Approximating k-node Connected Subgraphs via Critical Graphs

We present two new approximation algorithms for the problem of finding a k-node connected spanning subgraph (directed or undirected) of minimum cost. The best known approximation guarantees for this problem were $O(\min \{k,\frac{n}{\sqrt{n-k}}\})$ for both directed and undirected graphs, and $O(\ln k)$ for undirected graphs with $n \geq 6k^2$, where $n$ is the number of nodes in the input graph. Our first algorithm has approximation ratio $O(\frac{n}{n-k}\ln^2 k)$, which is $O(\ln^2 k)$ except for very large values of $k$, namely, $k=n-o(n)$. This algorithm is based on a new result on $\ell$-connected $p$-critical graphs, which is of independent interest in the context of graph theory.

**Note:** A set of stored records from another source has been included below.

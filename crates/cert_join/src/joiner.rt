// The lines of the joined certificate, one after the other.
ghost use Rattle.std.specs.Prelude.{◌≡◌, ◌++◌, ◌∷◌, ◌<◌, ◌≤◌, ◌^◌, ℕ, List, [], Ok, OnOk, IfOk, MatchOption, length, map};
ghost use Rattle.cert_joined.specs.Covers.{Cover, AreTextsOf};
ghost use Rattle.cert_join.specs.Ahead.{AreBefore};
ghost use Rattle.cert_join.specs.Gathered.{lists_of, spot_at};
ghost use Rattle.cert_read.specs.CertLine.{cover};
ghost use Rattle.cert_join.specs.Heads.{all_lines, head_text, AreHeadsRead};
ghost use Rattle.cert_join.specs.Numbered.{AreNumbered};
ghost use Rattle.cert_join.specs.Joining.{AreAtNumbers, AreLemmasWritten, HasStepped, IsAt, IsInMemory, Within, IsJoinText, IsJoining, IsOver, IsPiece};
ghost use Rattle.cert_join.specs.NextLine.{CopiesNext, EndsNext};
ghost use Rattle.cert_join.specs.Spot.{IsBefore};
ghost use Rattle.cert_join.specs.Written.{text_of};

use crate::cursor::Cursor;
use crate::heads::{Heads, append_line};
use crate::lemmas::Lemmas;
use crate::line::append_number;
use crate::numbering::Numbering;
use crate::stop::Unjoined;
use crate::trees::Trees;
use std::alloc::{AllocError, Global};
use std::mem;

/// About so many bytes of the joined certificate are held.
pub const ROOM: usize = 65_536;

/// What comes next.
#[derive(Clone, Copy, Debug, PartialEq, Eq)]
pub enum Step {
    /// More of this certificate has to be read.
    Read(usize),
    /// It goes on.
    On,
    /// All is done.
    Over,
}

#[derive(Drop)]
enum Stage {
    Heads(Heads),
    // The lines of this certificate of a point are copied.
    Point(usize),
    Numbering(Heads, Numbering),
    Lemmas(Lemmas),
    Trees(Trees),
    // The ends of the certificates from this one on are read; whether its last line was.
    Ends(usize, bool),
}

// The first lines of a certificate of a point.
fn append_point(heads: &Heads, text: &mut Vec<u8>) -> Result<(), AllocError> {
    match heads.append(text) {
        Ok(()) => text.extend_from_slice(b"point\n"),
        Err(error) => Err(error),
    }
}

// The first lines of a certificate of a cover with so many lemmas.
fn append_kind(heads: &Heads, count: u32, text: &mut Vec<u8>) -> Result<(), AllocError>
    ensures text { OnOk result (text.new.items ≡
        text.old.items ++ (head_text heads.now ++ text_of (cover count ∷ []))) }
    ensures few { count < 2 ^ 32 }
{
    match heads.append(text) {
        Ok(()) => {}
        Err(error) => return Err(error),
    }
    match text.extend_from_slice(b"cover ") {
        Ok(()) => {}
        Err(error) => return Err(error),
    }
    match append_number(text, count) {
        Ok(()) => {}
        Err(error) => return Err(error),
    }
    match text.push(b'\n') {
        Ok(()) => Ok(()),
        Err(_) => Err(AllocError),
    }
}

// The stage, where there was memory.
fn some(stage: Result<Stage, AllocError>) -> Result<Option<Stage>, AllocError>
    ensures { IfOk result (λ next. MatchOption next ⊥ (λ s. stage ≡ Ok s)) }
{
    match stage {
        Ok(stage) => Ok(Some(stage)),
        Err(error) => Err(error),
    }
}

// Reads the ends of a certificate.
fn step_of_ends(
    cursors: &mut [Cursor],
    part: usize,
    is_read: &mut bool,
    is_odd: &mut bool,
) -> Step {
    match cursors.get_mut(part) {
        Some(cursor) => step_to_end(cursor, part, is_read, is_odd),
        None => Step::Over,
    }
}

/// Follows certificates side by side, and gives the text of the one that joins them. It reads nothing itself: it says of
/// which certificate it needs more, and from where.
#[derive(Drop)]
pub struct Joiner {
    alloc: Global,
    cursors: Vec<Cursor>,
    // Of each certificate, the number of each of its lemmas.
    numbers: Vec<Vec<u32>>,
    stage: Stage,
    // Whether lines were dropped that no other certificate has, or one was gone through that no accepted one has.
    dropped: bool,
}

// Copies the next line of a certificate of a point.
fn copy_next(cursor: &mut Cursor, part: usize, text: &mut Vec<u8>) -> Result<Step, AllocError>
    ensures { (cert : List ℕ) (ls : List (List ℕ)) → IsBefore cert ls cursor.old →
        CopiesNext cert ls text.old.items result text.new.items cursor.new }
{
    if !cursor.is_ready() {
        return Ok(Step::Read(part));
    }
    let Some(line) = cursor.line() else {
        return Ok(Step::Over);
    };
    match append_line(text, line) {
        Ok(()) => {}
        Err(error) => return Err(error),
    }
    cursor.pass();
    Ok(Step::On)
}

// Copies a line of a certificate of a point.
fn step_of_point(
    cursors: &mut [Cursor],
    part: usize,
    text: &mut Vec<u8>,
) -> Result<Step, AllocError> {
    match cursors.get_mut(part) {
        Some(cursor) => copy_next(cursor, part, text),
        None => Ok(Step::Over),
    }
}

// Reads the last line of a certificate, and then that nothing stands behind it, where `is_read` says whether the line
// was read. It is odd where another line is there.
fn step_to_end(cursor: &mut Cursor, part: usize, is_read: &mut bool, is_odd: &mut bool) -> Step
    ensures { (cert : List ℕ) (ls : List (List ℕ)) → IsBefore cert ls cursor.old →
        EndsNext cert ls is_read.old result is_read.new is_odd.new cursor.new }
{
    if !cursor.is_ready() {
        return Step::Read(part);
    }
    match cursor.line() {
        None if *is_read => Step::Over,
        Some(line) if !*is_read && line == b"end".as_slice() => {
            cursor.pass();
            *is_read = true;
            Step::On
        }
        _ => {
            *is_odd = true;
            Step::Over
        }
    }
}

// What a step comes to that fails for want of memory alone.
fn in_memory(step: Result<Step, AllocError>) -> Result<Step, Unjoined>
    ensures { IsInMemory step result }
{
    match step {
        Ok(step) => Ok(step),
        Err(_) => Err(Unjoined::Memory),
    }
}

// Goes on within this stage.
fn step_in(
    stage: &mut Stage,
    cursors: &mut [Cursor],
    numbers: &[Vec<u32>],
    text: &mut Vec<u8>,
    is_odd: &mut bool,
) -> Result<Step, Unjoined>
    ensures many { length cursors.new ≡ length cursors.old }
    ensures steps { (certs : List (List ℕ)) (first : Cover) (covers : List Cover) (done : List ℕ) →
        AreTextsOf covers certs →
        IsAt certs first covers done text.old.items (lists_of numbers.now) stage.old cursors.old →
        Within certs first covers done result text.new.items (lists_of numbers.now) stage.new
        cursors.new }
{
    match stage {
        Stage::Heads(heads) => heads.step(cursors),
        Stage::Point(part) => in_memory(step_of_point(cursors, *part, text)),
        Stage::Numbering(heads, numbering) => numbering.step(cursors, &heads.counts),
        Stage::Lemmas(lemmas) => in_memory(lemmas.step(cursors, numbers, text, is_odd)),
        Stage::Trees(trees) => in_memory(trees.step(cursors, numbers, text)),
        Stage::Ends(part, is_read) => Ok(step_of_ends(cursors, *part, is_read, is_odd)),
    }
}

// Cursors at the beginnings of so many certificates.
fn fresh(alloc: Global, count: usize) -> Result<Vec<Cursor>, AllocError>
    ensures { IfOk result (λ cursors. (certs : List (List ℕ)) (covers : List Cover) →
        length certs ≡ count → AreTextsOf covers certs →
        AreBefore certs (map all_lines covers) cursors.items) }
{
    let mut cursors: Vec<Cursor> = Vec::new(alloc);
    for _ in 0..count {
        match cursors.push(Cursor::new(alloc)) {
            Ok(()) => {}
            Err(_) => return Err(AllocError),
        }
    }
    Ok(cursors)
}

impl Joiner {
    /// So many certificates, of which nothing is read yet.
    pub fn new(alloc: Global, count: usize) -> Result<Self, AllocError>
        ensures { IfOk result (λ joiner. (certs : List (List ℕ)) (first : Cover) →
            (others : List Cover) → length certs ≡ count → AreTextsOf (first ∷ others) certs →
            IsJoining certs first (first ∷ others) [] [] joiner) }
    {
        match fresh(alloc, count) {
            Ok(cursors) => Ok(Joiner {
                alloc,
                cursors,
                numbers: Vec::new(alloc),
                stage: Stage::Heads(Heads::new(alloc)),
                dropped: false,
            }),
            Err(error) => Err(error),
        }
    }

    /// Whether lines were dropped so far that no other certificate has.
    pub fn dropped(&self) -> bool {
        self.dropped
    }

    /// Where more of the certificate is read.
    pub fn place(&self, part: usize) -> u64
        ensures { part < length self.now.cursors.items →
            result ≡ (spot_at self.now.cursors.items part).behind }
    {
        if part >= self.cursors.len() {
            return 0;
        }
        self.cursors[part].place()
    }

    /// Takes bytes that were read of the certificate at that place; none are its end.
    pub fn give(&mut self, part: usize, piece: &[u8]) -> Result<(), AllocError>
        ensures none { length self.old.cursors.items ≤ part → self.new ≡ self.old }
        ensures gives { OnOk result ((certs : List (List ℕ)) (first : Cover) (covers : List Cover) →
            (done text : List ℕ) → IsPiece certs part piece.now self.old →
            IsJoining certs first covers done text self.old →
            IsJoining certs first covers done text self.new) }
    {
        if part >= self.cursors.len() {
            return Ok(());
        }
        self.cursors[part].give(piece)
    }

    // What follows the first lines.
    fn behind_heads(&mut self, heads: Heads, text: &mut Vec<u8>) -> Result<Stage, AllocError>
        ensures same { self.new.cursors ≡ self.old.cursors }
        ensures stage { IfOk result (λ stage. (certs : List (List ℕ)) (first : Cover) →
            (others : List Cover) → (done : List ℕ) → done ++ text.old.items ≡ [] →
            AreHeadsRead certs (first ∷ others) heads self.old.cursors.items →
            IsAt certs first (first ∷ others) done text.new.items (lists_of self.new.numbers.items)
            stage self.new.cursors.items) }
    {
        match heads.point {
            Some(part) => {
                // The others are not read.
                self.dropped = true;
                match append_point(&heads, text) {
                    Ok(()) => Ok(Stage::Point(part)),
                    Err(error) => Err(error),
                }
            }
            None => Ok(Stage::Numbering(heads, Numbering::new(self.alloc))),
        }
    }

    // What follows the numbers of the lemmas.
    fn behind_numbering(
        &mut self,
        heads: &Heads,
        numbering: Numbering,
        text: &mut Vec<u8>,
    ) -> Result<Stage, AllocError>
        ensures same { self.new.cursors ≡ self.old.cursors }
        ensures stage { IfOk result (λ stage. (certs : List (List ℕ)) (first : Cover) →
            (covers : List Cover) → (done : List ℕ) → AreTextsOf covers certs →
            done ++ text.old.items ≡ [] →
            AreAtNumbers certs first covers heads.now →
            AreNumbered certs covers numbering self.old.cursors.items →
            IsAt certs first covers done text.new.items (lists_of self.new.numbers.items)
            stage self.new.cursors.items) }
    {
        match append_kind(heads, numbering.count, text) {
            Ok(()) => {}
            Err(error) => return Err(error),
        }
        // What only the later version has would not be refused.
        self.dropped = self.dropped || numbering.dropped || heads.has_older();
        drop(mem::replace(&mut self.numbers, numbering.numbers));
        Ok(Stage::Lemmas(Lemmas::new()))
    }

    // What follows the lemmas.
    fn behind_lemmas(&mut self, text: &mut Vec<u8>) -> Result<Stage, AllocError>
        ensures same { self.new.cursors ≡ self.old.cursors }
        ensures stage { IfOk result (λ stage. (certs : List (List ℕ)) (first : Cover) →
            (others : List Cover) → (done : List ℕ) → AreTextsOf (first ∷ others) certs →
            AreLemmasWritten certs first (first ∷ others) (done ++ text.old.items)
            (lists_of self.old.numbers.items) self.old.cursors.items →
            IsAt certs first (first ∷ others) done text.new.items (lists_of self.new.numbers.items)
            stage self.new.cursors.items) }
    {
        match text.extend_from_slice(b"tree\n") {
            Ok(()) => {}
            Err(error) => return Err(error),
        }
        match Trees::new(self.alloc, self.cursors.len()) {
            Ok(trees) => Ok(Stage::Trees(trees)),
            Err(error) => Err(error),
        }
    }

    // What follows this stage, which is over; none behind the last.
    fn behind(&mut self, stage: Stage, text: &mut Vec<u8>) -> Result<Option<Stage>, AllocError>
        ensures same { self.new.cursors ≡ self.old.cursors }
        ensures next { IfOk result (λ next. (certs : List (List ℕ)) (first : Cover) →
            (others : List Cover) → (done : List ℕ) → AreTextsOf (first ∷ others) certs →
            IsOver certs first (first ∷ others) done text.old.items
            (lists_of self.old.numbers.items) stage self.old.cursors.items →
            MatchOption next (IsJoinText (first ∷ others) (done ++ text.new.items))
            (λ later. IsAt certs first (first ∷ others) done text.new.items
            (lists_of self.new.numbers.items) later self.new.cursors.items)) }
    {
        match stage {
            Stage::Heads(heads) => some(self.behind_heads(heads, text)),
            Stage::Numbering(heads, numbering) => {
                some(self.behind_numbering(&heads, numbering, text))
            }
            Stage::Lemmas(_) => some(self.behind_lemmas(text)),
            Stage::Trees(trees) => {
                self.dropped = self.dropped || trees.dropped;
                match text.extend_from_slice(b"end\n") {
                    Ok(()) => Ok(Some(Stage::Ends(0, false))),
                    Err(error) => Err(error),
                }
            }
            Stage::Ends(part, _) if part < self.cursors.len() => {
                Ok(Some(Stage::Ends(part + 1, false)))
            }
            Stage::Ends(_, _) | Stage::Point(_) => Ok(None),
        }
    }

    // Goes on within the stage.
    fn step_within(&mut self, text: &mut Vec<u8>) -> Result<Step, Unjoined>
        ensures many { length self.new.cursors.items ≡ length self.old.cursors.items }
        ensures steps { (certs : List (List ℕ)) (first : Cover) (covers : List Cover) →
            (done : List ℕ) → AreTextsOf covers certs →
            IsAt certs first covers done text.old.items (lists_of self.old.numbers.items)
            self.old.stage self.old.cursors.items →
            Within certs first covers done result text.new.items
            (lists_of self.new.numbers.items) self.new.stage self.new.cursors.items }
    {
        let is_odd = &mut self.dropped;
        step_in(
            &mut self.stage,
            &mut self.cursors,
            &self.numbers,
            text,
            is_odd,
        )
    }

    /// Appends more of the text, or says what has to be read first.
    pub fn step(&mut self, text: &mut Vec<u8>) -> Result<Step, Unjoined>
        ensures { (certs : List (List ℕ)) (first : Cover) (others : List Cover) (done : List ℕ) →
            AreTextsOf (first ∷ others) certs →
            IsJoining certs first (first ∷ others) done text.old.items self.old →
            HasStepped certs first (first ∷ others) done result text.new.items self.new }
    {
        match self.step_within(text) {
            Ok(Step::Over) => {}
            Ok(step) => return Ok(step),
            Err(unjoined) => return Err(unjoined),
        }
        let all = self.cursors.len();
        let stage = mem::replace(&mut self.stage, Stage::Ends(all, true));
        match self.behind(stage, text) {
            Ok(Some(next)) => {
                drop(mem::replace(&mut self.stage, next));
                Ok(Step::On)
            }
            Ok(None) => Ok(Step::Over),
            Err(_) => Err(Unjoined::Memory),
        }
    }
}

Our second algorithm uses the primal-dual method and has approximation ratio $O(\sqrt{n} \ln k)$ for all values of $n,k$. Combining these two gives an algorithm with approximation ratio $O(\ln k \cdot \min \{\sqrt{k},\frac{n}{n-k} \ln k\})$, which asymptotically improves the best known approximation guarantee for directed graphs for all values of $n,k$, and for undirected graphs for $k>\sqrt{n/6}$. Moreover, this is the first algorithm that has an approximation guarantee better than $\Theta(k)$ for all values of $n,k$. Our approximation ratio also provides an upper bound on the integrality gap of the standard LP-relaxation.